On September 2, 2011, Leucadia and the Company entered into a two year standstill agreement (the “Standstill Agreement”) providing for, among other matters, a cap of 27.5% ownership for the Reporting Persons (subject to certain provisions), representation for Leucadia on the Board (with Leucadia having the right to designate two of the Company’s directors, subject to reduction in certain circumstances, and the Company agreeing not to increase the size of the board above ten directorships without the consent of both Leucadia’s designees to the Board and a majority of the Board unaffiliated with Leucadia), Leucadia’s agreement to vote for the Board’s director nominees, certain restrictions on proposals that may be made by the Reporting Persons (including as to the composition of the Board) without approval of the Board, Leucadia’s agreement not to sell to any person or group who holds, or after giving effect to a sale would hold, in excess of 4.9% of the Company’s common stock and the Company’s agreement to enter into a registration rights agreement covering all shares of the Company’s common stock owned by Leucadia, all on the terms and conditions set forth in the Standstill Agreement.

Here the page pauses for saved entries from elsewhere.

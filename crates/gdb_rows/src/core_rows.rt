//! Core files of moments, and how others end. The sums are of files that a plain program made from the states that
//! `rtr at` prints.

/// A call: its words and its input in hexadecimal digits; the call of the input and of the output that fails (0 for
/// none), and the most bytes that a call of the output takes; then the status, how many bytes were given with their
/// sum, and the report.
pub struct Row {
    pub words: &'static str,
    pub input: &'static str,
    pub input_fails: u64,
    pub output_fails: u64,
    pub most: usize,
    pub status: u8,
    pub given: usize,
    pub sum: u32,
    pub report: &'static str,
}

/// The sum of no bytes.
const NOTHING: u32 = 0x811c_9dc5;

/// The sum of the first hundred bytes of the first file.
const FIRST_HUNDRED: u32 = 0xe212_dde0;

/// A recording of two cores: `bne x10,x0,+20; addi x5,x0,7; sw x5,64(x0); lw x6,64(x0); ecall; lw x7,64(x0);
/// sw x10,64(x0); ecall`. Core 1 reads what core 0 wrote, and writes before core 0 reads.
const HANDED_OVER: &str = "52545201 02 904e 20 20 \
    631a0500 93027000 23205004 03230004 73000000 83230004 2320a004 73000000 \
    0504 01 02 03 01 04 03 01 01 03 02 01 01 03 04";

/// A recording of two cores that write the same word, whose reduced log orders the writes and whose regulated log is
/// empty.
const HALF_ORDERED: &str = "52545201 02 904e 10 0c 93025500 23205002 73000000 0303 010202 00 00 00";

/// The first two bytes of a recording.
const CUT_SHORT: &str = "5254";

macro_rules! made {
    ($words:expr, $sum:expr) => {
        Row {
            words: $words,
            input: HANDED_OVER,
            input_fails: 0,
            output_fails: 0,
            most: 10_000,
            status: 0,
            given: 692,
            sum: $sum,
            report: "",
        }
    };
}

macro_rules! refused {
    ($words:expr, $input:expr, $status:expr, $report:expr) => {
        Row {
            words: $words,
            input: $input,
            input_fails: 0,
            output_fails: 0,
            most: 10_000,
            status: $status,
            given: 0,
            sum: NOTHING,
            report: $report,
        }
    };
}

/// Words that mean nothing.
macro_rules! unmeant {
    ($words:literal) => {
        refused!($words, HANDED_OVER, 1, "rtr: usage\n")
    };
}

/// A call whose input or output fails, the output taking so many bytes at the most: its status, how many bytes were
/// given, their sum, and the report.
macro_rules! failed {
    ($input:literal, $output:literal, $most:literal => $status:literal, $given:literal, $sum:expr, $report:literal) => {
        Row {
            words: "at --core 1 --count 2",
            input: HANDED_OVER,
            input_fails: $input,
            output_fails: $output,
            most: $most,
            status: $status,
            given: $given,
            sum: $sum,
            report: $report,
        }
    };
}

/// The rows.
pub static ROWS: [Row; 16] = [
    made!("at --core 1 --count 2", 0x0a30_026b),
    made!("at --log regulated --count=2 --core 1", 0x0a30_026b),
    made!("at --core 0 --count 3 --latest", 0x070a_a50b),
    unmeant!("at --core 1 --count 2 --loads"),
    unmeant!("at --core 1"),
    unmeant!("print"),
    unmeant!(""),
    refused!(
        "at --core 0 --count 6",
        HANDED_OVER,
        12,
        "rtr: no instruction 0:6\n"
    ),
    refused!(
        "at --core 2 --count 1",
        HANDED_OVER,
        12,
        "rtr: no instruction 2:1\n"
    ),
    refused!(
        "at --core 0 --count 1",
        CUT_SHORT,
        3,
        "rtr: bad input, part 1\n"
    ),
    refused!(
        "at --core 0 --count 1 --log regulated",
        HALF_ORDERED,
        6,
        "rtr: no order from 0:2 to 1:2\n"
    ),
    // Streams that fail, the output after 100 bytes.
    failed!(1, 0, 10_000 => 8, 0, NOTHING, "rtr: read fault\n"),
    failed!(2, 0, 10_000 => 8, 0, NOTHING, "rtr: read fault\n"),
    failed!(0, 1, 10_000 => 9, 0, NOTHING, "rtr: write fault\n"),
    failed!(0, 2, 100 => 9, 100, FIRST_HUNDRED, "rtr: write fault\n"),
    failed!(0, 0, 100 => 0, 692, 0x0a30_026b, ""),
];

The Standstill Agreement will terminate early if the Reporting Persons own less than 5% of the Common Stock for 90 days and upon the happening of certain other events.  The Standstill Agreement is attached hereto as Exhibit 1 and is incorporated in its entirety herein by reference.
 
Pursuant to the Standstill Agreement, on September 2, 2011, the Company filed a Current Report on Form 8-K with the Securities and Exchange Commission announcing, among other things, that the Board had created two new director positions and elected Ian M. Cumming, Chairman of Leucadia, and Joseph S. Steinberg, President of Leucadia, to fill those positions.
 
 
 
 
 
7

 
 
 
 
ITEM 7.     MATERIAL TO BE FILED AS EXHIBITS.
 
EXHIBIT 1
Standstill Agreement, dated September 2, 2011, between Leucadia National Corporation and Mueller Industries, Inc.

 
 
 
 
 
 
 
 
 
 
 
 
 
 
 
 
 
 
 
 
 




 
8

 

SIGNATURES
 
After reasonable inquiry and to the best of my knowledge and belief, I certify that the information set forth in this statement is true, complete and correct.
 
Dated: September 6, 2011
 
 
 
LEUCADIA NATIONAL CORPORATION
 
 
 
   
 
By:
/s/ Joseph A. Orlando  
 
Name:
Joseph A. Orlando
 
 
Title:
Vice President and Chief Financial Officer
 
       
       
 
PHLCORP HOLDING LLC
 
 
 
   
 
By:
/s/ Joseph A. Orlando  
 
Name:
Joseph A. Orlando
 
 
Title:
Vice President
 
       
       
 
BALDWIN ENTERPRISES, INC.
 
 
 
   
 
By:
/s/ Joseph A. Orlando  
 
Name:
Joseph A. Orlando
 
 
Title:
Vice President
 
       
       
 
BEI ARCH HOLDINGS, LLC
 
 
By:
Baldwin Enterprises, Inc.
 
   
Its Sole Member
 
 
 
   
 
By:
  /s/ Joseph A. Orlando  
 
Name:
Joseph A. Orlando
 
 
Title:
Vice President
 
       
       
 
BEI-LONGHORN, LLC
 
       
 
By:
BEI Arch Holdings, LLC
 
   
Its Sole Member
 
       
 
By:
Baldwin Enterprises, Inc.
 
   
Its Sole Member
 
 
 
   
 
By:
  /s/ Joseph A. Orlando  
 
Name:
Joseph A. Orlando
 
 
Title:
Vice President
 

 
 

 
9

 

EXHIBIT INDEX

Exhibit No.
 
1
Standstill Agreement, dated September 2, 2011, between Leucadia National Corporation and Mueller Industries, Inc.